High energy implementation of coil‐target scheme for guided re‐acceleration of laser‐driven protons

Year: 2021

Authors: Ahmed H., Hadjisolomou P., Naughton K., Alejo A., Brauckmann S., Cantono G., Ferguson S., Cerchez M., Doria D., Green J., Gwynne D., Hodge T., Kumar D., Macchi A., Prasad R., Willi O., Borghesi M., Kar S.

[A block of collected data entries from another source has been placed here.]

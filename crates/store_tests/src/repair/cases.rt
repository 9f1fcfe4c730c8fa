//! Stripes that have lost fragments or have damaged ones, with what is to become of them, and what does.
use crate::repair::samples::{Fragments, SHORT, Sample, bytes_at};
use lrc_code::{Code, Place};
use std::alloc::{AllocError, Global};
use std::process::Abort;
use store_repair::{
    Found, MemoryStore, Reads, Repair, Stripe, StripeFiles, StripeOutcome, plan_stripe,
    repair_stripe, scrub_stripe,
};

/// A stripe of which fragments are lost or damaged, how it is repaired, and what is then to be said and left.
#[derive(Clone, Copy)]
pub(crate) struct Case<'a> {
    /// What holds of it.
    pub name: &'a str,
    pub sample: &'static Sample,
    pub lost: &'a [Place],
    /// What is under names in place of the sample's bytes.
    pub changes: Fragments<'a>,
    /// The code is the sample's, whatever is here.
    pub repair: Repair,
    pub rebuilt: &'a [Place],
    /// Whether what is rebuilt is as the sample has it.
    pub is_right: bool,
    /// How many survivors are read.
    pub survivors: usize,
    pub is_checked: bool,
    /// Whether each that is rebuilt is right though two others are damaged.
    pub is_covered: bool,
    /// Each finding: the place, and the line.
    pub said: &'a [(Option<Place>, &'a str)],
    /// Where all stays as it was.
    pub left: &'a [Place],
}

/// A repair from all survivors.
pub(crate) const FROM_ALL: Repair = Repair {
    code: Code::Narrow,
    reads: Reads::All,
    replace_damaged: false,
    assume_one_damaged: false,
    elsewhere: false,
};

/// One that replaces what is damaged.
pub(crate) const REPLACING: Repair = Repair {
    code: Code::Narrow,
    reads: Reads::All,
    replace_damaged: true,
    assume_one_damaged: false,
    elsewhere: false,
};

/// One from as few survivors as show damage.
pub(crate) const CHECKED: Repair = Repair {
    code: Code::Narrow,
    reads: Reads::Checked,
    replace_damaged: false,
    assume_one_damaged: false,
    elsewhere: false,
};

/// One from as few survivors as determine what is lost.
pub(crate) const FEW: Repair = Repair {
    code: Code::Narrow,
    reads: Reads::Few,
    replace_damaged: false,
    assume_one_damaged: false,
    elsewhere: false,
};

/// A stripe that has lost nothing, and of which all is read.
pub(crate) const WHOLE: Case<'static> = Case {
    name: "a whole stripe",
    sample: &SHORT,
    lost: &[],
    changes: &[],
    repair: FROM_ALL,
    rebuilt: &[],
    is_right: true,
    survivors: 10,
    is_checked: true,
    is_covered: true,
    said: &[],
    left: &[],
};

/// What is done with a stripe.
#[derive(Clone, Copy)]
pub(crate) enum Act {
    Scrub,
    Plan,
    Repair,
}

/// What a case's stripe has under a name before its repair.
pub(crate) fn had<'a>(case: &Case<'a>, place: Place) -> Option<&'a [u8]> {
    if case.lost.contains(&place) {
        return None;
    }
    match bytes_at(case.changes, place) {
        Some(bytes) => Some(bytes),
        None => bytes_at(case.sample.fragments, place),
    }
}

/// Puts what a case's stripe has before its repair into a store.
pub(crate) fn put_case(store: &mut MemoryStore, case: &Case<'_>) -> Result<(), AllocError> {
    for place in case.sample.code.places() {
        if let Some(bytes) = had(case, *place) {
            store.put(case.sample.name, *place, bytes)?;
        }
    }
    Ok(())
}

/// A store with that alone.
pub(crate) fn store_of(rt: &impl Abort, alloc: Global, case: &Case<'_>) -> MemoryStore {
    let mut store = MemoryStore::new(alloc);
    put_case(&mut store, case).expect(rt, "room for a case");
    store
}

/// What is said of a case's stripe in a store where it is scrubbed, its repair planned, or it is repaired.
pub(crate) fn outcome_of(
    alloc: Global,
    store: &mut MemoryStore,
    case: &Case<'_>,
    act: Act,
) -> Result<StripeOutcome, AllocError> {
    let code = case.sample.code;
    let mut files = StripeFiles::new();
    for place in code.places() {
        if let Some(bytes) = store.fragment(case.sample.name, *place) {
            files.found[place.index()] = Found::File {
                length: bytes.len() as u64,
            };
        }
    }
    let stripe = Stripe {
        name: case.sample.name,
        files,
    };
    let repair = Repair {
        code,
        ..case.repair
    };
    match act {
        Act::Scrub => scrub_stripe(alloc, store, code, &stripe),
        Act::Plan => plan_stripe(alloc, store, &repair, &stripe),
        Act::Repair => repair_stripe(alloc, store, &repair, &stripe),
    }
}

/// Whether the findings are a case's.
pub(crate) fn are_findings(
    rt: &impl Abort,
    alloc: Global,
    outcome: &StripeOutcome,
    case: &Case<'_>,
) -> bool {
    for (finding, (place, line)) in outcome.findings.iter().zip(case.said) {
        let said = format!(in alloc; "{}", finding.reason).expect(rt, "a text");
        if finding.place != *place || said.as_str() != *line {
            return false;
        }
    }
    outcome.findings.len() == case.said.len()
}

/// Whether an outcome says what a case is to say.
pub(crate) fn is_as_said(
    rt: &impl Abort,
    alloc: Global,
    outcome: &StripeOutcome,
    case: &Case<'_>,
) -> bool {
    for place in case.rebuilt {
        if !outcome.rebuilt.as_slice().contains(place)
            || outcome.is_checked_at(case.sample.code, *place) != case.is_covered
        {
            return false;
        }
    }
    if outcome.rebuilt.len() != case.rebuilt.len()
        || outcome.survivors.len() != case.survivors
        || outcome.is_checked != case.is_checked
    {
        return false;
    }
    are_findings(rt, alloc, outcome, case)
}

/// Whether a case leaves this under a fragment's name and its second name.
pub(crate) fn is_left(
    case: &Case<'_>,
    place: Place,
    bytes: Option<&[u8]>,
    kept: Option<&[u8]>,
) -> bool {
    if case.left.contains(&place) {
        return kept.is_none() && bytes == had(case, place);
    }
    let is_whole = bytes == bytes_at(case.sample.fragments, place);
    if case.is_right || !case.rebuilt.contains(&place) {
        is_whole && kept == bytes_at(case.changes, place)
    } else {
        bytes.is_some() && !is_whole
    }
}

/// Whether a store has what a case leaves.
pub(crate) fn is_left_in(store: &MemoryStore, case: &Case<'_>) -> bool {
    let stripe = case.sample.name;
    for place in case.sample.code.places() {
        let bytes = store.fragment(stripe, *place);
        if !is_left(case, *place, bytes, store.kept(stripe, *place)) {
            return false;
        }
    }
    true
}

/// Whether a case's repair says what it is to say, and leaves what it is to leave.
pub(crate) fn is_repaired(rt: &impl Abort, alloc: Global, case: &Case<'_>) -> bool {
    let mut store = store_of(rt, alloc, case);
    let outcome = outcome_of(alloc, &mut store, case, Act::Repair).expect(rt, "an outcome");
    is_left_in(&store, case) && is_as_said(rt, alloc, &outcome, case)
}

/// Whether the repair's plan says the same.
pub(crate) fn is_planned(rt: &impl Abort, alloc: Global, case: &Case<'_>) -> bool {
    let mut store = store_of(rt, alloc, case);
    let outcome = outcome_of(alloc, &mut store, case, Act::Plan).expect(rt, "an outcome");
    is_as_said(rt, alloc, &outcome, case)
}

Autors Affiliation: 1) School of Mathematics and Physics, Queen’s University Belfast, Belfast BT71NN, UK.
2) Central Laser Facility, STFC Rutherford Appleton Laboratory, Didcot OX11 0QX, UK.
3) Institute of Physics of the ASCR, ELI-Beamlines
Project, Na Slovance 2, 18221 Prague, Czech Republic.
4) Institute for Laser and Plasma Physics, University of Düsseldorf, Düsseldorf, Germany.
5) Dipartimento di Fisica Enrico Fermi, Università di Pisa, Pisa, Italy.
6) Extreme Light Infrastructure (ELI-NP) and Horia Hulubei National Institute for R & D in Physics and Nuclear Engineering (IFIN-HH), Reactorului No. 30, 077125 Magurele, Bucharest, Romania.
7) National Research Council, National
Institute of Optics (CNR/INO), Research Unit “Adriano Gozzini”, Pisa, Italy.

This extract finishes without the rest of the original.